[Stored data entries]

>>

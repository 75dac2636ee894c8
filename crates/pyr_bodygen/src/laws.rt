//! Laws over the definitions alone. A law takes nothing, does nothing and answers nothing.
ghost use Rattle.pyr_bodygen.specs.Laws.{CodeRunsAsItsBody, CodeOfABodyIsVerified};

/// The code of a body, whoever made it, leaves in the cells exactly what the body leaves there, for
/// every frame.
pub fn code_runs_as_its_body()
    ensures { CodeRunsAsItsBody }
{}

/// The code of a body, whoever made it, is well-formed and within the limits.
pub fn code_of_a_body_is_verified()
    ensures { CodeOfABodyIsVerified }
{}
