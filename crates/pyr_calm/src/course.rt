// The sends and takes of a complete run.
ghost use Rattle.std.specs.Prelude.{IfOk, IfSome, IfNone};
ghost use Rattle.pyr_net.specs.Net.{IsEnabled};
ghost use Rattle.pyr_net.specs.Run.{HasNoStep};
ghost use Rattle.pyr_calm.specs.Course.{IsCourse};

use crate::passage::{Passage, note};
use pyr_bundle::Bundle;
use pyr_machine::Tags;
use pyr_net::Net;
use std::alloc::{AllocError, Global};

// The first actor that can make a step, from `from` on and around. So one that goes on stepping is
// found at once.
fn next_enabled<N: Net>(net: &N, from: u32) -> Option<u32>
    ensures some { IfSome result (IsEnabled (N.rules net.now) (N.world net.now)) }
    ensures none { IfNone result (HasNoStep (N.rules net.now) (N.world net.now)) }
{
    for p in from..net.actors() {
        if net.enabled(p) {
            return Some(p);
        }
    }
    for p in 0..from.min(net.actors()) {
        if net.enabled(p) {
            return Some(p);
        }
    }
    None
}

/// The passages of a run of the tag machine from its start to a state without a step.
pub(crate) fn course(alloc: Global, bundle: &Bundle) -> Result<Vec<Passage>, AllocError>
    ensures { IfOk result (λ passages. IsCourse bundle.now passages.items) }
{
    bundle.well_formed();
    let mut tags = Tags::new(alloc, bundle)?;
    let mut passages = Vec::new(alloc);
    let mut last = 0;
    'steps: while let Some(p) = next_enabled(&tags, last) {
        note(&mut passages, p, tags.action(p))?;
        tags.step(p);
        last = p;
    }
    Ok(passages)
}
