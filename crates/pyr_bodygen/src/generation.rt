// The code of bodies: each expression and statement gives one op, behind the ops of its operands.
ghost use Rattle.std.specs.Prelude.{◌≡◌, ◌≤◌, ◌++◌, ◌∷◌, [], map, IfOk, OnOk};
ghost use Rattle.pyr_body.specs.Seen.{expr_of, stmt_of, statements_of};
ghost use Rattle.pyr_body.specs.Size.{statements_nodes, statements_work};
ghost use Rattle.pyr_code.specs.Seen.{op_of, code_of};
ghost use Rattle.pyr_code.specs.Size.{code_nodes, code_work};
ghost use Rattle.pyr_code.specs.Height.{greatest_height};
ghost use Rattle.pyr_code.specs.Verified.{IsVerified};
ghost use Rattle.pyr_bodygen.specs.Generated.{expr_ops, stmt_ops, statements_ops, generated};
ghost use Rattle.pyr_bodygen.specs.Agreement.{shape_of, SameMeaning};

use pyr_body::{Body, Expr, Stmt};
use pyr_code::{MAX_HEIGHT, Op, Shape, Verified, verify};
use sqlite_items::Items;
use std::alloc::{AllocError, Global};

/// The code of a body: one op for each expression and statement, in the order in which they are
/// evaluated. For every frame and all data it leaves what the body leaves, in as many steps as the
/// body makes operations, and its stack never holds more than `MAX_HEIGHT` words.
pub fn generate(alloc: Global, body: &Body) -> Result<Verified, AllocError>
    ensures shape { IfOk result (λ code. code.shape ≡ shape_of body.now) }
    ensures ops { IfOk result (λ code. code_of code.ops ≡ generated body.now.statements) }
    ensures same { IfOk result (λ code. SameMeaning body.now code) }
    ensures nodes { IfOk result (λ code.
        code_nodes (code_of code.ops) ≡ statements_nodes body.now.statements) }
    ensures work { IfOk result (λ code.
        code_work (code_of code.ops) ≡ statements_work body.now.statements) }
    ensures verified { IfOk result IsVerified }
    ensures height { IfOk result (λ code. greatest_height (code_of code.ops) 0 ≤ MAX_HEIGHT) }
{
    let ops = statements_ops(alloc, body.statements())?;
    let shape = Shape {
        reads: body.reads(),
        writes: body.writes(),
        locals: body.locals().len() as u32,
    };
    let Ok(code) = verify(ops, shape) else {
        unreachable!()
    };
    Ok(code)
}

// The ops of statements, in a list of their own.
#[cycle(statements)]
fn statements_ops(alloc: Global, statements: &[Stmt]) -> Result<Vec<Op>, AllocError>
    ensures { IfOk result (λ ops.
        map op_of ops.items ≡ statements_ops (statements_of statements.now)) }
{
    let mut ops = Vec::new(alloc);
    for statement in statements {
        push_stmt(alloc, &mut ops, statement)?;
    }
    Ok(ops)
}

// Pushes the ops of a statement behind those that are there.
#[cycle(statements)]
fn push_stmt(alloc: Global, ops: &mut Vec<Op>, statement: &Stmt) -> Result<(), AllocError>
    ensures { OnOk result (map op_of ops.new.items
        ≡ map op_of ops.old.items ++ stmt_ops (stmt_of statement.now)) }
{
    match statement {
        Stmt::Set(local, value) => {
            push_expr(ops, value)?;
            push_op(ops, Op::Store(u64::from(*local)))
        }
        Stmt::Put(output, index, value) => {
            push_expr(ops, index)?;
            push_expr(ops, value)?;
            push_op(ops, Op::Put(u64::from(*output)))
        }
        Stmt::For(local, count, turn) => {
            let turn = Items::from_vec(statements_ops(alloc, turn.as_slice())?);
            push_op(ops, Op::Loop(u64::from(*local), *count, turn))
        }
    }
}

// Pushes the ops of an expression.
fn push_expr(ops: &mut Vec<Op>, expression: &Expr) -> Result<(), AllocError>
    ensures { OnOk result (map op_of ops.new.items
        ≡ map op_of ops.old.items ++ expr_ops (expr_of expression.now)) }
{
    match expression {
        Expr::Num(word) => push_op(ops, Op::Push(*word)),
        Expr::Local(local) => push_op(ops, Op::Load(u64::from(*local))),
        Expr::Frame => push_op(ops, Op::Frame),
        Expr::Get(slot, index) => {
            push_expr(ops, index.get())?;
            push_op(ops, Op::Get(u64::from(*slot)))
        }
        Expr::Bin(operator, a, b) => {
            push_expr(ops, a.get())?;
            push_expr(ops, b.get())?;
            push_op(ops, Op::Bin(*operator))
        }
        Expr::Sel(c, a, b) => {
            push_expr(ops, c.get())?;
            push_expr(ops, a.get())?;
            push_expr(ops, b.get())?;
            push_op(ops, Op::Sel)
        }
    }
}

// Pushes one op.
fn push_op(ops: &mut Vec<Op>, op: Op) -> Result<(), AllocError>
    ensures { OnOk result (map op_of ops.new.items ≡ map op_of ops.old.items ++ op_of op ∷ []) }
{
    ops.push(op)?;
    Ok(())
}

<<

**EXERCISE:** Make a faithful copy of every record above.

**EXERCISE SOLUTION:**
repository 75dac2636ee894c8
filename crates/pyr_bodygen/src/laws.rt
//! Laws over the definitions alone. A law takes nothing, does nothing and answers nothing.
ghost use Rattle.pyr_bodygen.specs.Laws.{CodeRunsAsItsBody, CodeOfABodyIsVerified};

/// The code of a body, whoever made it, leaves in the cells exactly what the body leaves there, for
/// every frame.
pub fn code_runs_as_its_body()
    ensures { CodeRunsAsItsBody }
{}

/// The code of a body, whoever made it, is well-formed and within the limits.
pub fn code_of_a_body_is_verified()
    ensures { CodeOfABodyIsVerified }
{}
filename crates/pyr_calm/src/course.rt
// The sends and takes of a complete run.
ghost use Rattle.std.specs.Prelude.{IfOk, IfSome, IfNone};
ghost use Rattle.pyr_net.specs.Net.{IsEnabled};
ghost use Rattle.pyr_net.specs.Run.{HasNoStep};
ghost use Rattle.pyr_calm.specs.Course.{IsCourse};

use crate::passage::{Passage, note};
use pyr_bundle::Bundle;
use pyr_machine::Tags;
use pyr_net::Net;
use std::alloc::{AllocError, Global};

// The first actor that can make a step, from `from` on and around. So one that goes on stepping is
// found at once.
fn next_enabled<N: Net>(net: &N, from: u32) -> Option<u32>
    ensures some { IfSome result (IsEnabled (N.rules net.now) (N.world net.now)) }
    ensures none { IfNone result (HasNoStep (N.rules net.now) (N.world net.now)) }
{
    for p in from..net.actors() {
        if net.enabled(p) {
            return Some(p);
        }
    }
    for p in 0..from.min(net.actors()) {
        if net.enabled(p) {
            return Some(p);
        }
    }
    None
}

/// The passages of a run of the tag machine from its start to a state without a step.
pub(crate) fn course(alloc: Global, bundle: &Bundle) -> Result<Vec<Passage>, AllocError>
    ensures { IfOk result (λ passages. IsCourse bundle.now passages.items) }
{
    bundle.well_formed();
    let mut tags = Tags::new(alloc, bundle)?;
    let mut passages = Vec::new(alloc);
    let mut last = 0;
    'steps: while let Some(p) = next_enabled(&tags, last) {
        note(&mut passages, p, tags.action(p))?;
        tags.step(p);
        last = p;
    }
    Ok(passages)
}
filename crates/pyr_bodygen/src/generation.rt
// The code of bodies: each expression and statement gives one op, behind the ops of its operands.
ghost use Rattle.std.specs.Prelude.{◌≡◌, ◌≤◌, ◌++◌, ◌∷◌, [], map, IfOk, OnOk};
ghost use Rattle.pyr_body.specs.Seen.{expr_of, stmt_of, statements_of};
ghost use Rattle.pyr_body.specs.Size.{statements_nodes, statements_work};
ghost use Rattle.pyr_code.specs.Seen.{op_of, code_of};
ghost use Rattle.pyr_code.specs.Size.{code_nodes, code_work};
ghost use Rattle.pyr_code.specs.Height.{greatest_height};
ghost use Rattle.pyr_code.specs.Verified.{IsVerified};
ghost use Rattle.pyr_bodygen.specs.Generated.{expr_ops, stmt_ops, statements_ops, generated};
ghost use Rattle.pyr_bodygen.specs.Agreement.{shape_of, SameMeaning};

use pyr_body::{Body, Expr, Stmt};
use pyr_code::{MAX_HEIGHT, Op, Shape, Verified, verify};
use sqlite_items::Items;
use std::alloc::{AllocError, Global};

/// The code of a body: one op for each expression and statement, in the order in which they are
/// evaluated. For every frame and all data it leaves what the body leaves, in as many steps as the
/// body makes operations, and its stack never holds more than `MAX_HEIGHT` words.
pub fn generate(alloc: Global, body: &Body) -> Result<Verified, AllocError>
    ensures shape { IfOk result (λ code. code.shape ≡ shape_of body.now) }
    ensures ops { IfOk result (λ code. code_of code.ops ≡ generated body.now.statements) }
    ensures same { IfOk result (λ code. SameMeaning body.now code) }
    ensures nodes { IfOk result (λ code.
        code_nodes (code_of code.ops) ≡ statements_nodes body.now.statements) }
    ensures work { IfOk result (λ code.
        code_work (code_of code.ops) ≡ statements_work body.now.statements) }
    ensures verified { IfOk result IsVerified }
    ensures height { IfOk result (λ code. greatest_height (code_of code.ops) 0 ≤ MAX_HEIGHT) }
{
    let ops = statements_ops(alloc, body.statements())?;
    let shape = Shape {
        reads: body.reads(),
        writes: body.writes(),
        locals: body.locals().len() as u32,
    };
    let Ok(code) = verify(ops, shape) else {
        unreachable!()
    };
    Ok(code)
}

// The ops of statements, in a list of their own.
#[cycle(statements)]
fn statements_ops(alloc: Global, statements: &[Stmt]) -> Result<Vec<Op>, AllocError>
    ensures { IfOk result (λ ops.
        map op_of ops.items ≡ statements_ops (statements_of statements.now)) }
{
    let mut ops = Vec::new(alloc);
    for statement in statements {
        push_stmt(alloc, &mut ops, statement)?;
    }
    Ok(ops)
}

// Pushes the ops of a statement behind those that are there.
#[cycle(statements)]
fn push_stmt(alloc: Global, ops: &mut Vec<Op>, statement: &Stmt) -> Result<(), AllocError>
    ensures { OnOk result (map op_of ops.new.items
        ≡ map op_of ops.old.items ++ stmt_ops (stmt_of statement.now)) }
{
    match statement {
        Stmt::Set(local, value) => {
            push_expr(ops, value)?;
            push_op(ops, Op::Store(u64::from(*local)))
        }
        Stmt::Put(output, index, value) => {
            push_expr(ops, index)?;
            push_expr(ops, value)?;
            push_op(ops, Op::Put(u64::from(*output)))
        }
        Stmt::For(local, count, turn) => {
            let turn = Items::from_vec(statements_ops(alloc, turn.as_slice())?);
            push_op(ops, Op::Loop(u64::from(*local), *count, turn))
        }
    }
}

// Pushes the ops of an expression.
fn push_expr(ops: &mut Vec<Op>, expression: &Expr) -> Result<(), AllocError>
    ensures { OnOk result (map op_of ops.new.items
        ≡ map op_of ops.old.items ++ expr_ops (expr_of expression.now)) }
{
    match expression {
        Expr::Num(word) => push_op(ops, Op::Push(*word)),
        Expr::Local(local) => push_op(ops, Op::Load(u64::from(*local))),
        Expr::Frame => push_op(ops, Op::Frame),
        Expr::Get(slot, index) => {
            push_expr(ops, index.get())?;
            push_op(ops, Op::Get(u64::from(*slot)))
        }
        Expr::Bin(operator, a, b) => {
            push_expr(ops, a.get())?;
            push_expr(ops, b.get())?;
            push_op(ops, Op::Bin(*operator))
        }
        Expr::Sel(c, a, b) => {
            push_expr(ops, c.get())?;
            push_expr(ops, a.get())?;
            push_expr(ops, b.get())?;
            push_op(ops, Op::Sel)
        }
    }
}

// Pushes one op.
fn push_op(ops: &mut Vec<Op>, op: Op) -> Result<(), AllocError>
    ensures { OnOk result (map op_of ops.new.items ≡ map op_of ops.old.items ++ op_of op ∷ []) }
{
    ops.push(op)?;
    Ok(())
}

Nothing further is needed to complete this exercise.